┌──

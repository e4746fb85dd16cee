//! The names that a map gave so far, each found by one look.

ghost use Rattle.std.specs.Prelude.{◌≡◌, ◌||◌, List, ℕ, IfOk, OnOk};
ghost use Rattle.std.specs.BTreeSet.{contains_text};
ghost use Rattle.std.specs.Str.{bytes_eq};

use net_base::{NoMemory, Text};
use std::alloc::Global;
use std::collections::BTreeSet;

/// The texts of a map's keys.
pub(crate) type Seen = BTreeSet<String>;

/// Whether the name was seen; from now on it is.
pub(crate) fn see_name(alloc: Global, seen: &mut Seen, name: &Text) -> Result<bool, NoMemory>
    ensures was { IfOk result (λ was. was ≡ contains_text seen.old name.now) }
    ensures is { OnOk result ((text : List ℕ) → contains_text seen.new text ≡ (contains_text seen.old text || bytes_eq name.now text)) }
{
    let was = seen.contains(name.as_str());
    seen.insert(String::from_str(alloc, name.as_str())?)?;
    Ok(was)
}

└──

### Task instructions
Once you have read the records above, please copy them out exactly.

### Final answer
repository e4746fb85dd16cee
//! The names that a map gave so far, each found by one look.

ghost use Rattle.std.specs.Prelude.{◌≡◌, ◌||◌, List, ℕ, IfOk, OnOk};
ghost use Rattle.std.specs.BTreeSet.{contains_text};
ghost use Rattle.std.specs.Str.{bytes_eq};

use net_base::{NoMemory, Text};
use std::alloc::Global;
use std::collections::BTreeSet;

/// The texts of a map's keys.
pub(crate) type Seen = BTreeSet<String>;

/// Whether the name was seen; from now on it is.
pub(crate) fn see_name(alloc: Global, seen: &mut Seen, name: &Text) -> Result<bool, NoMemory>
    ensures was { IfOk result (λ was. was ≡ contains_text seen.old name.now) }
    ensures is { OnOk result ((text : List ℕ) → contains_text seen.new text ≡ (contains_text seen.old text || bytes_eq name.now text)) }
{
    let was = seen.contains(name.as_str());
    seen.insert(String::from_str(alloc, name.as_str())?)?;
    Ok(was)
}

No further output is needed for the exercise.